-------- AVAILABLE DATA --------

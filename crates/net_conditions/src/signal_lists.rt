//! The signals of a network in lists, as often as they stand there.

ghost use Rattle.std.specs.Prelude.{◌≡◌, [], ◌∷◌, ◌++◌, map, IfOk, OnOk};
ghost use Rattle.std.specs.List.{flat_map};
ghost use Rattle.net_model.specs.Nets.{table_of, latch_of, net_of};
ghost use Rattle.net_model.specs.Conditions as conditions;
ghost use Rattle.net_model.specs.Conditions.{columns_of};

use name_table::VarId;
use net_model::{Latch, Net, Table};
use std::alloc::{AllocError, Global};

/// The signals that are driven, each as often as it is.
pub(crate) fn drives(alloc: Global, net: &Net) -> Result<Vec<VarId>, AllocError>
    ensures { IfOk result (λ signals. map (λ v. v.0) signals.items ≡ conditions.drives (net_of net.now)) }
{
    let mut signals = Vec::from_slice(alloc, &net.inputs)?;
    push_outputs(&net.tables, &mut signals)?;
    push_latch_outputs(&net.latches, &mut signals)?;
    Ok(signals)
}

/// The signals that are used, each as often as it is.
pub(crate) fn uses(alloc: Global, net: &Net) -> Result<Vec<VarId>, AllocError>
    ensures { IfOk result (λ signals. map (λ v. v.0) signals.items ≡ conditions.uses (net_of net.now)) }
{
    let mut signals = Vec::from_slice(alloc, &net.outputs)?;
    push_columns(&net.tables, &mut signals)?;
    push_columns(&net.resets, &mut signals)?;
    push_ends(&net.latches, &mut signals)?;
    Ok(signals)
}

/// The outputs of the latches.
pub(crate) fn latch_outputs(alloc: Global, net: &Net) -> Result<Vec<VarId>, AllocError>
    ensures { IfOk result (λ signals. map (λ v. v.0) signals.items ≡ conditions.latch_outputs (net_of net.now)) }
{
    let mut signals = Vec::new(alloc);
    push_latch_outputs(&net.latches, &mut signals)?;
    Ok(signals)
}

/// The inputs, and the outputs of the latches.
pub(crate) fn sources(alloc: Global, net: &Net) -> Result<Vec<VarId>, AllocError>
    ensures { IfOk result (λ signals. map (λ v. v.0) signals.items
        ≡ (net_of net.now).inputs ++ conditions.latch_outputs (net_of net.now)) }
{
    let mut signals = Vec::from_slice(alloc, &net.inputs)?;
    push_latch_outputs(&net.latches, &mut signals)?;
    Ok(signals)
}

/// The outputs of the reset tables.
pub(crate) fn reset_outputs(alloc: Global, net: &Net) -> Result<Vec<VarId>, AllocError>
    ensures { IfOk result (λ signals. map (λ v. v.0) signals.items
        ≡ flat_map (λ table. table.outs) (net_of net.now).resets) }
{
    let mut signals = Vec::new(alloc);
    push_outputs(&net.resets, &mut signals)?;
    Ok(signals)
}

fn push_outputs(tables: &[Table], signals: &mut Vec<VarId>) -> Result<(), AllocError>
    ensures { OnOk result (map (λ v. v.0) signals.new.items
        ≡ map (λ v. v.0) signals.old.items ++ flat_map (λ table. table.outs) (map table_of tables.now)) }
{
    for table in tables {
        signals.extend_from_slice(&table.outs)?;
    }
    Ok(())
}

fn push_columns(tables: &[Table], signals: &mut Vec<VarId>) -> Result<(), AllocError>
    ensures { OnOk result (map (λ v. v.0) signals.new.items
        ≡ map (λ v. v.0) signals.old.items ++ flat_map columns_of (map table_of tables.now)) }
{
    for table in tables {
        signals.extend_from_slice(&table.ins)?;
        signals.extend_from_slice(&table.outs)?;
    }
    Ok(())
}

fn push_latch_outputs(latches: &[Latch], signals: &mut Vec<VarId>) -> Result<(), AllocError>
    ensures { OnOk result (map (λ v. v.0) signals.new.items
        ≡ map (λ v. v.0) signals.old.items ++ map (λ latch. latch.output) (map latch_of latches.now)) }
{
    for latch in latches {
        signals.push(latch.output)?;
    }
    Ok(())
}

/// Adds the input and the output of each latch.
fn push_ends(latches: &[Latch], signals: &mut Vec<VarId>) -> Result<(), AllocError>
    ensures { OnOk result (map (λ v. v.0) signals.new.items
        ≡ map (λ v. v.0) signals.old.items ++ flat_map (λ latch. latch.input ∷ latch.output ∷ []) (map latch_of latches.now)) }
{
    for latch in latches {
        signals.push(latch.input)?;
        signals.push(latch.output)?;
    }
    Ok(())
}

--------

• _ASSIGNMENT_
Return the full data, every line of it, with nothing altered.

• _EXERCISE RESPONSE_
filename crates/net_conditions/src/signal_lists.rt
//! The signals of a network in lists, as often as they stand there.

ghost use Rattle.std.specs.Prelude.{◌≡◌, [], ◌∷◌, ◌++◌, map, IfOk, OnOk};
ghost use Rattle.std.specs.List.{flat_map};
ghost use Rattle.net_model.specs.Nets.{table_of, latch_of, net_of};
ghost use Rattle.net_model.specs.Conditions as conditions;
ghost use Rattle.net_model.specs.Conditions.{columns_of};

use name_table::VarId;
use net_model::{Latch, Net, Table};
use std::alloc::{AllocError, Global};

/// The signals that are driven, each as often as it is.
pub(crate) fn drives(alloc: Global, net: &Net) -> Result<Vec<VarId>, AllocError>
    ensures { IfOk result (λ signals. map (λ v. v.0) signals.items ≡ conditions.drives (net_of net.now)) }
{
    let mut signals = Vec::from_slice(alloc, &net.inputs)?;
    push_outputs(&net.tables, &mut signals)?;
    push_latch_outputs(&net.latches, &mut signals)?;
    Ok(signals)
}

/// The signals that are used, each as often as it is.
pub(crate) fn uses(alloc: Global, net: &Net) -> Result<Vec<VarId>, AllocError>
    ensures { IfOk result (λ signals. map (λ v. v.0) signals.items ≡ conditions.uses (net_of net.now)) }
{
    let mut signals = Vec::from_slice(alloc, &net.outputs)?;
    push_columns(&net.tables, &mut signals)?;
    push_columns(&net.resets, &mut signals)?;
    push_ends(&net.latches, &mut signals)?;
    Ok(signals)
}

/// The outputs of the latches.
pub(crate) fn latch_outputs(alloc: Global, net: &Net) -> Result<Vec<VarId>, AllocError>
    ensures { IfOk result (λ signals. map (λ v. v.0) signals.items ≡ conditions.latch_outputs (net_of net.now)) }
{
    let mut signals = Vec::new(alloc);
    push_latch_outputs(&net.latches, &mut signals)?;
    Ok(signals)
}

/// The inputs, and the outputs of the latches.
pub(crate) fn sources(alloc: Global, net: &Net) -> Result<Vec<VarId>, AllocError>
    ensures { IfOk result (λ signals. map (λ v. v.0) signals.items
        ≡ (net_of net.now).inputs ++ conditions.latch_outputs (net_of net.now)) }
{
    let mut signals = Vec::from_slice(alloc, &net.inputs)?;
    push_latch_outputs(&net.latches, &mut signals)?;
    Ok(signals)
}

/// The outputs of the reset tables.
pub(crate) fn reset_outputs(alloc: Global, net: &Net) -> Result<Vec<VarId>, AllocError>
    ensures { IfOk result (λ signals. map (λ v. v.0) signals.items
        ≡ flat_map (λ table. table.outs) (net_of net.now).resets) }
{
    let mut signals = Vec::new(alloc);
    push_outputs(&net.resets, &mut signals)?;
    Ok(signals)
}

fn push_outputs(tables: &[Table], signals: &mut Vec<VarId>) -> Result<(), AllocError>
    ensures { OnOk result (map (λ v. v.0) signals.new.items
        ≡ map (λ v. v.0) signals.old.items ++ flat_map (λ table. table.outs) (map table_of tables.now)) }
{
    for table in tables {
        signals.extend_from_slice(&table.outs)?;
    }
    Ok(())
}

fn push_columns(tables: &[Table], signals: &mut Vec<VarId>) -> Result<(), AllocError>
    ensures { OnOk result (map (λ v. v.0) signals.new.items
        ≡ map (λ v. v.0) signals.old.items ++ flat_map columns_of (map table_of tables.now)) }
{
    for table in tables {
        signals.extend_from_slice(&table.ins)?;
        signals.extend_from_slice(&table.outs)?;
    }
    Ok(())
}

fn push_latch_outputs(latches: &[Latch], signals: &mut Vec<VarId>) -> Result<(), AllocError>
    ensures { OnOk result (map (λ v. v.0) signals.new.items
        ≡ map (λ v. v.0) signals.old.items ++ map (λ latch. latch.output) (map latch_of latches.now)) }
{
    for latch in latches {
        signals.push(latch.output)?;
    }
    Ok(())
}

/// Adds the input and the output of each latch.
fn push_ends(latches: &[Latch], signals: &mut Vec<VarId>) -> Result<(), AllocError>
    ensures { OnOk result (map (λ v. v.0) signals.new.items
        ≡ map (λ v. v.0) signals.old.items ++ flat_map (λ latch. latch.input ∷ latch.output ∷ []) (map latch_of latches.now)) }
{
    for latch in latches {
        signals.push(latch.input)?;
        signals.push(latch.output)?;
    }
    Ok(())
}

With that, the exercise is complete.